Only a few years ago, the Indian generic drug maker Cipla stood out for its numerous patent disputes with multinational companies. But this year, Cipla is more notable for the deals it has signed with the same companies to license their pharmaceuticals so it can sell them in India and other markets.
For instance, in September Gilead Sciences signed licensing agreements with Cipla and several other Indian firms allowing them to make and sell the blockbuster hepatitis drug Sovaldi in exchange for modest royalties. And in February, Merck & Co. signed a nonexclusive license agreement with Cipla allowing it to sell in India Isentress, a new drug for HIV patients who don’t respond to standard treatments.
Yusuf K. Hamied, who recently stepped down as head Cipla, expects other such deals to follow. It might appear that the company has adopted a more friendly approach in its dealings with big pharma. But rather, the licensing deals are a victory of sorts for Hamied’s ideas. Firmly opposed to pharmaceutical patents, he has long argued that inventors should be rewarded for their discoveries with royalties instead of patent exclusivity.
Hamied became an international figure in 2001 when he offered to supply HIV treatments to international charities for $350 per year per patient, instead of the $15,000 drug companies were demanding. The offer ended up saving hundreds of thousands of African and Indian lives and turned Cipla into one of the world’s largest suppliers of antiretroviral drugs. In recent years, he has contested in India, successfully in all instances, the patents on drugs that are protected by patents in the rest of the world.
Pharmaceutical companies generally protest that they need patent exclusivity, and the high prices that patents make possible, to cover the cost of developing new drugs. When patents are not respected, the burden of financing R&D falls on countries—such as the U.S.—that enforce pharmaceutical patents, drug companies claim.
“U.S. drug pricing is not sustainable,” Hamied counters, echoing the stance of many patient groups in the U.S. “What we did over a decade ago, with HIV/AIDS, it made a lot of people realize that they were taken for a ride.”
Major drug companies have been agreeing to license their drugs to Cipla and other Indian generic firms because it’s a quick and easy way to generate additional income, he says. The deals provide add-on income from secondary markets in which companies such as Cipla have a well-developed distribution system.
Companies that don’t voluntarily license essential drugs should be forced to do so, Hamied argues. India, he claims, has 70 million people suffering from mental illness, 60 million cardiac patients, 60 million asthmatics, 50 million diabetics, and 50 million cases of hepatitis B or C. One-third of its population has latent tuberculosis. “The disease pattern in India is that we’re in a perpetual state of crisis,” he says.
Under world trade rules, countries have the right to adopt laws enabling the compulsory license of drugs during health emergencies. After a drawn-out legal battle, the Indian firm Natco Pharma successfully forced Bayer to license its cancer drug Nexavar in 2012. India should make it simpler to force drug companies to license their products, Hamied argues.
India is showing signs that it might instead strengthen protection for pharmaceutical patents. During a recent visit to the U.S. by Prime Minister Narendra Modi, India agreed to set up a bilateral panel on intellectual property. The threat to India’s current patent regime is remote, Hamied believes; still, he is concerned that India is discussing the issue with the U.S. at all.
Hamied may sound more like a health activist than a businessman, but Cipla is actually a solid business, with profit margins approaching those of major Western drug companies. Cipla’s sales in its most recent fiscal year were more than $1.5 billion, up from $385 million 10 years ago.
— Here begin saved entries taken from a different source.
//! Responses.

ghost use Rattle.std.specs.Prelude.{◌^◌, ◌≡◌, ◌+◌, ◌-◌, ◌*◌, ◌<◌, ◌≤◌, ◌++◌, ℕ, IfErr, IfOk, IsOk, if◌then◌else◌, length, List, MatchResult, nat_lt};
ghost use Rattle.modbus_frame.specs.declared.expect.TheConstants.{MOST_QUANTITY};
ghost use Rattle.modbus_frame.specs.declared.frame.Frame.TheVariants.{Exception, Need};
ghost use Rattle.modbus_frame.specs.Frames.{IsFrame, length_given, registers_of};
ghost use Rattle.modbus_frame.specs.Fields.{IsDecided, byte_at, frame_answer, number_at, words_of};
ghost use Rattle.modbus_frame.specs.Requests.{IsExpect};
ghost use Rattle.modbus_frame.specs.Stages.{GivesLength, answer_at_count, answer_from_unit};

use crate::{Expect, Frame, MOST_QUANTITY, Registers};

// The fewest bytes of a response, which those with an exception code have.
const LEAST_FRAME: usize = 9;
// How many bytes come before what the length counts.
const BEFORE_LENGTH: usize = 6;
// How many bytes follow the length in a response with an exception code: the unit, the function and the code.
pub(crate) const EXCEPTION_LENGTH: u16 = 3;
// What a response with an exception code adds to the function.
pub(crate) const EXCEPTION: u8 = 128;

/// What the bytes that were received so far are as a response to a request.
///
/// The function of the request is 3 or 4, and there are from 1 to 125 registers. Each byte is looked at once at most. Bytes after a
/// whole response aren't looked at.
pub fn read_response(bytes: &[u8], expect: &Expect) -> Frame
    requires expect { IsExpect expect.now }
    ensures frame { result ≡ frame_answer expect.now bytes.now }
    ensures meaning { IsFrame expect.now bytes.now result }
    ensures stays { (more : List ℕ) → IsDecided result → frame_answer expect.now (bytes.now ++ more) ≡ result }
{
    let expect = *expect;
    match read_length(bytes, expect) {
        Ok(size) => read_from_unit(bytes, expect, size),
        Err(frame) => frame,
    }
}

// The length that the first six bytes give, where the fields up to it agree; else what the bytes are.
#[tactic(auto, unfolding(crate::specs::Fields::frame_answer, crate::specs::Fields::wrong_field))]
fn read_length(bytes: &[u8], expect: Expect) -> Result<u16, Frame>
    requires expect { IsExpect expect }
    ensures length { IfOk result (GivesLength expect bytes.now) }
    ensures agree { IsOk result → frame_answer expect bytes.now ≡ answer_from_unit expect bytes.now }
    ensures decided { IfErr result (λ frame. frame ≡ frame_answer expect bytes.now) }

    // The range of its type, on which the meaning of a wrong transaction rests.
    ensures fits { expect.transaction < 2 ^ 16 }
{
    let transaction = number_at(bytes, 0)?;
    if transaction != expect.transaction {
        return Err(Frame::Wrong(1));
    }
    let protocol = number_at(bytes, 2)?;
    if protocol != 0 {
        return Err(Frame::Wrong(2));
    }
    let size = number_at(bytes, 4)?;
    if size != EXCEPTION_LENGTH && size != EXCEPTION_LENGTH + 2 * u16::from(expect.quantity) {
        return Err(Frame::Wrong(3));
    }
    Ok(size)
}

// The number of two bytes among the first six, or how many bytes have to follow where they aren't both there.
fn number_at(bytes: &[u8], offset: usize) -> Result<u16, Frame>
    requires { offset ≤ 4 }
    ensures { MatchResult result (λ number. (offset + 2 ≤ length bytes.now) × (number ≡ number_at offset bytes.now)) (λ frame. (length bytes.now < offset + 2) × (frame ≡ Need (LEAST_FRAME - length bytes.now))) }
{
    if bytes.len() < offset + 2 {
        return Err(Frame::Need(LEAST_FRAME - bytes.len()));
    }
    Ok(u16::from_be_bytes([bytes[offset], bytes[offset + 1]]))
}

// What the bytes are from the unit on, after a length that a response has.
fn read_from_unit(bytes: &[u8], expect: Expect, size: u16) -> Frame
    requires expect { IsExpect expect }
    requires length { GivesLength expect bytes.now size }
    ensures { result ≡ answer_from_unit expect bytes.now }
{
    let whole = BEFORE_LENGTH + usize::from(size);
    let Some(unit) = bytes.get(6) else {
        return Frame::Need(whole - bytes.len());
    };
    if *unit != expect.unit {
        return Frame::Wrong(4);
    }
    let Some(function) = bytes.get(7) else {
        return Frame::Need(whole - bytes.len());
    };
    if *function == expect.function && size != EXCEPTION_LENGTH {
        read_registers(bytes, expect, whole)
    } else if *function == expect.function + EXCEPTION && size == EXCEPTION_LENGTH {
        read_exception(bytes)
    } else {
        Frame::Wrong(5)
    }
}

// What the bytes are after the function asked for, with the length of the registers.
fn read_registers(bytes: &[u8], expect: Expect, whole: usize) -> Frame
    requires expect { IsExpect expect }
    requires there { 8 ≤ length bytes.now }
    requires function { byte_at 7 bytes.now ≡ expect.function }
    requires given { length_given bytes.now ≡ 3 + 2 * expect.quantity }
    requires whole { whole ≡ 9 + 2 * expect.quantity }
    ensures { result ≡ answer_at_count expect bytes.now }
{
    match bytes.get(8) {
        Some(count) if *count != 2 * expect.quantity => Frame::Wrong(6),
        Some(_) if whole <= bytes.len() => {
            Frame::Words(registers(&bytes[9..], expect.quantity), whole)
        }
        _ => Frame::Need(whole - bytes.len()),
    }
}

// What the bytes are after the function of an exception, with the length of one.
fn read_exception(bytes: &[u8]) -> Frame
    requires { 8 ≤ length bytes.now }
    ensures { result ≡ (if nat_lt (length bytes.now) LEAST_FRAME then Need (LEAST_FRAME - length bytes.now) else Exception (byte_at 8 bytes.now) LEAST_FRAME) }
{
    match bytes.get(8) {
        Some(code) => Frame::Exception(*code, LEAST_FRAME),
        None => Frame::Need(LEAST_FRAME - bytes.len()),
    }
}

// The registers that bytes begin with.
fn registers(bytes: &[u8], count: u8) -> Registers
    requires most { count ≤ MOST_QUANTITY }
    requires there { 2 * count ≤ length bytes.now }
    ensures { result ≡ registers_of (words_of count bytes.now) }
{
    let mut words = [0; MOST_QUANTITY as usize];
    for i in 0..usize::from(count) {
        words[i] = u16::from_be_bytes([bytes[2 * i], bytes[2 * i + 1]]);
    }
    Registers { count, words }
}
It generated $224 million in after-tax profits, nearly quadruple the figure of a decade ago. And so far, unlike what has happened to many of Cipla’s Indian peers, health inspectors from Western countries have not found major problems at the firm’s manufacturing facilities.
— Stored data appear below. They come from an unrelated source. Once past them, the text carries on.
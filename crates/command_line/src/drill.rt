//! The options of the command `drill`.

ghost use Rattle.std.specs.Prelude.{◌≡◌};
ghost use Rattle.command_line.specs.Drill.{drill_options};
ghost use Rattle.command_line.specs.Reading.{matched_value};

use crate::option_names::OptionName;
use crate::reading::matched_number;
use clap::ArgMatches;

/// The numbers of the command `drill`.
#[derive(Clone, Copy, Debug, PartialEq, Eq)]
pub struct DrillOptions {
    /// The seed, any 64 bits.
    pub seed: u64,
    /// The count, 0 to 60,000.
    pub count: u32,
}

impl DrillOptions {
    /// Those that matches have; `None` if one is missing, isn't 1 to 20 decimal digits, or isn't within its limits.
    #[tactic(auto, unfolding(crate::specs::Drill::drill_options))]
    pub(crate) fn matched(matches: &ArgMatches) -> Option<DrillOptions>
        ensures options { result ≡ drill_options (matched_value matches.now) }
    {
        let seed = matched_number(matches, OptionName::Seed)?;
        let count = matched_number(matches, OptionName::Count)?;
        Some(DrillOptions {
            seed,
            count: count as u32,
        })
    }
}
Within the coming 10 years, Cipla’s sales may grow to an eye-popping $5 billion, Hamied predicts, achieved partly by acquiring distributors. In recent years, Cipla has bought its distributors in 11 countries, including Iran, South Africa, and Sri Lanka. In addition, it will enter new markets and increase sales efforts where it’s underrepresented—particularly in the U.S., Hamied says. And of course, he expects Cipla to license more patented drugs.
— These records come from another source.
//! What the arguments name.

ghost use Rattle.std.specs.Prelude.{◌≡◌, true, List, [], Some, IfOk, IfSome, IsSome, codes, map, option_map, string_bytes};
ghost use Rattle.clap.specs.Words.{app_of, takes};
ghost use Rattle.command_line.specs.Commands.{command_of, journal_file, name_of, site_folder};
ghost use Rattle.command_line.specs.Forms.{IsForm, Written, value_among};
ghost use Rattle.command_line.specs.Reading.{matched_value, read_value};
ghost use Rattle.command_line.specs.declared.commands.Subcommand.{Subcommand};

use crate::command_names::CommandName;
use crate::option_names::OptionName;
use crate::reading::{command_for, matched_value, matches_of, words_for};
use clap::{ArgMatches, Command};
use farm_base::NoMemory;
use std::alloc::Global;

/// The site's folder and the journal's file that the arguments name, with which `main` opens them.
///
/// A text is empty if the command doesn't have the option. Both are empty if the arguments are malformed.
#[derive(Drop)]
pub struct NamedPlaces {
    /// The path of the site's folder.
    pub site: String,
    /// The path of the journal's file.
    pub journal: String,
}

impl NamedPlaces {
    // No place.
    fn empty(alloc: Global) -> NamedPlaces
        ensures site { string_bytes result.site ≡ [] }
        ensures journal { string_bytes result.journal ≡ [] }
    {
        NamedPlaces {
            site: String::new(alloc),
            journal: String::new(alloc),
        }
    }
}

/// The places that the arguments name. `None` is out of memory alone.
pub fn places(alloc: Global, words: &[String]) -> Option<NamedPlaces>
    ensures site { IfSome result (λ places. string_bytes places.site ≡ site_folder (map string_bytes words.now)) }
    ensures journal { IfSome result (λ places. string_bytes places.journal ≡ journal_file (map string_bytes words.now)) }
    ensures site_written { IfSome result (λ places. (command : Subcommand) (options : List Written) → IsForm command options (map string_bytes words.now) → string_bytes places.site ≡ value_among (codes "site") options) }
    ensures journal_written { IfSome result (λ places. (command : Subcommand) (options : List Written) → IsForm command options (map string_bytes words.now) → string_bytes places.journal ≡ value_among (codes "journal") options) }
    ensures no_form { IfSome result (λ places. ((command : Subcommand) (options : List Written) → IsForm command options (map string_bytes words.now) → ⊥) → (string_bytes places.site ≡ []) × (string_bytes places.journal ≡ [])) }
    ensures unnamed { site_folder (map string_bytes words.now) ≡ [] → journal_file (map string_bytes words.now) ≡ [] → IsSome result }
{
    read_places(alloc, words)
}

// They as they are read.
fn read_places(alloc: Global, words: &[String]) -> Option<NamedPlaces>
    ensures site { IfSome result (λ places. string_bytes places.site ≡ site_folder (map string_bytes words.now)) }
    ensures journal { IfSome result (λ places. string_bytes places.journal ≡ journal_file (map string_bytes words.now)) }
    ensures unnamed { site_folder (map string_bytes words.now) ≡ [] → journal_file (map string_bytes words.now) ≡ [] → IsSome result }
{
    let Some(name) = CommandName::of_words(words) else {
        return Some(NamedPlaces::empty(alloc));
    };
    match name {
        CommandName::Calc | CommandName::Drill => Some(NamedPlaces::empty(alloc)),
        _ => places_of(alloc, name, words).ok(),
    }
}

// Those of a command of this name.
fn places_of(alloc: Global, name: CommandName, words: &[String]) -> Result<NamedPlaces, NoMemory>
    requires name { option_map name_of (command_of (map string_bytes words.now)) ≡ Some name }
    ensures site { IfOk result (λ places. string_bytes places.site ≡ site_folder (map string_bytes words.now)) }
    ensures journal { IfOk result (λ places. string_bytes places.journal ≡ journal_file (map string_bytes words.now)) }
{
    let spelled = words_for(alloc, name, words)?;
    let mut command = command_for(alloc, name)?;
    let places = parsed_places(alloc, &mut command, spelled.as_slice());
    drop(command);
    places
}

// Those in words that `clap` takes.
fn parsed_places<'a, 'w>(
    alloc: Global,
    command: &mut Command<'a>,
    words: &'a [&'w str],
) -> Result<NamedPlaces, NoMemory>
    requires taken { takes (app_of command.old) (map (λ word. word.now) words.now) ≡ true }
    ensures site { IfOk result (λ places. string_bytes places.site ≡ read_value (app_of command.old) (map (λ word. word.now) words.now) (codes "site")) }
    ensures journal { IfOk result (λ places. string_bytes places.journal ≡ read_value (app_of command.old) (map (λ word. word.now) words.now) (codes "journal")) }
{
    let matches = matches_of(command, words)?;
    let places = matched_places(alloc, &matches);
    drop(matches);
    places
}

// Those that matches have.
fn matched_places(alloc: Global, matches: &ArgMatches) -> Result<NamedPlaces, NoMemory>
    ensures site { IfOk result (λ places. string_bytes places.site ≡ matched_value matches.now (codes "site")) }
    ensures journal { IfOk result (λ places. string_bytes places.journal ≡ matched_value matches.now (codes "journal")) }
{
    let site = String::from_str(alloc, matched_value(matches, OptionName::Site))?;
    let journal = String::from_str(alloc, matched_value(matches, OptionName::Journal))?;
    Ok(NamedPlaces { site, journal })
}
But Hamied will not be in the driver’s seat if and when Cipla reaches the $5 billion milestone. Now 78, he recently stopped managing the company on a day-to-day basis. In 2012, the company appointed Subhanu Saxena, a former Novartis executive, as its chief executive officer. And Hamied has been grooming his niece, Samina Vaziralli, and nephew, Kamil Hamied, for senior management positions. They are the children of his brother, M. K. Hamied, who is Cipla’s other non-executive chairman.
Still, one of Cipla’s core missions, Hamied hopes, will continue to be selling drugs affordably. “In the health business, you need to be humanitarian,” he says.